ILCGOAL1(SolveProblemIlc, IloRandom, rand) {
IloSolver s = getSolver();
IlcScheduler scheduler = IlcScheduler(s);
IlcResourceConstraint constraint;
if (SelectResourceConstraint(constraint, scheduler, rand)) {
return IlcAnd(IlcTryRankFirst(constraint),
this);
}
return 0;
}
ILOCPGOALWRAPPER1(SolveProblem, solver, IloRandom, rand) {
return SolveProblemIlc(solver, rand);
}
void
MinimizeRandom(IloSolver& solver,
IloNumVar& makespan,
IloSchedulerSolution& solution,
IloInt numberOfIterations,
IloInt numberOfFailsPerIteration)
{
IloEnv env = solver.getEnv();
IlcScheduler sched(solver);
IloRandom randGen(env);
IloGoal goal;
/* GENERATE AN INITIAL SOLUTION. */
goal = IloGoalTrue(solver.getEnv());
solver.solve(goal);
IloNum min = solver.getMin(makespan);
makespan.setLB(min);
goal = SolveProblem(env, randGen);
solver.solve(goal);
IloNum max = solver.getMin(makespan);
/* OPTIMIZE. */
IloInt iteration = 0;
goal = IloLimitSearch(env,
SolveProblem(env, randGen),
IloFailLimit(env, numberOfFailsPerIteration));
while ((min != max) && (iteration < numberOfIterations)) {
iteration++;
IloNum value = IloTrunc((min + iteration * max) / (iteration + 1));
makespan.setUB(value);
solver.out() << "Trying makespan: " << value << endl;
if (solver.solve(goal)) {
max = solver.getMin(makespan);
solver.out() << "Solution with makespan " << max << endl;
solution.store(sched);
}
else /* ... */
}
/* ... */
}
Remembering our experience with the dichotomizing binary search (in Chapter 16), at each iteration, we use a weighted sum of the minimal value min and maximal value max of the makespan variable as a new tentative bound for this constrained variable. Here, it would not be a good idea to systematically take the average of these two values as a new tentative makespan. In fact, it could be that no solution exists with a makespan of (min+max)/2, so taking the same tentative makespan at each iteration could lead to ignoring many good solutions to the scheduling problem.

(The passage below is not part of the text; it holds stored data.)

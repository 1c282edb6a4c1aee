//! Statements, read from tokens: each function finds what the reader of the grammar finds.
#![tactic(auto)]

pub mod forms;
pub mod stmt;
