//! Expressions with their probes: each probe has the number that what it stands round has in the walk over the program.
#![tactic(auto)]

mod marks;
pub mod names;
pub mod nodes;
pub mod numbers;
mod selects;
mod stating;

Each iteration may fail either because there is no solution with a given makespan, or because the algorithm could not find such a solution in the given number of backtracks. By testing the number of failures (the value of solver.getNumberOfFails()) at the end of the iteration, we know whether the numberOfFailsPerIteration backtracks have been consumed or not. If not, the algorithm has proven that no solution exists with a makespan of at most the given value. Hence, it is correct to write the following code.
if (solver.solve(goal)) {
max = solver.getMin(makespan);
solver.out() << "Solution with makespan " << max << endl;
solution.store(sched);
}
else if (solver.getNumberOfFails() < numberOfFailsPerIteration) {
/* ACTUAL FAILURE NOT DUE TO THE LIMITED NUMBER OF FAILS. */
solver.out() << "Failure with makespan " << value << endl;
min = value + 1;
}
else
solver.out() << "Failure from fail limit" << endl;
}
Notice that the best solution is stored in an instance of the class IloSchedulerSolution.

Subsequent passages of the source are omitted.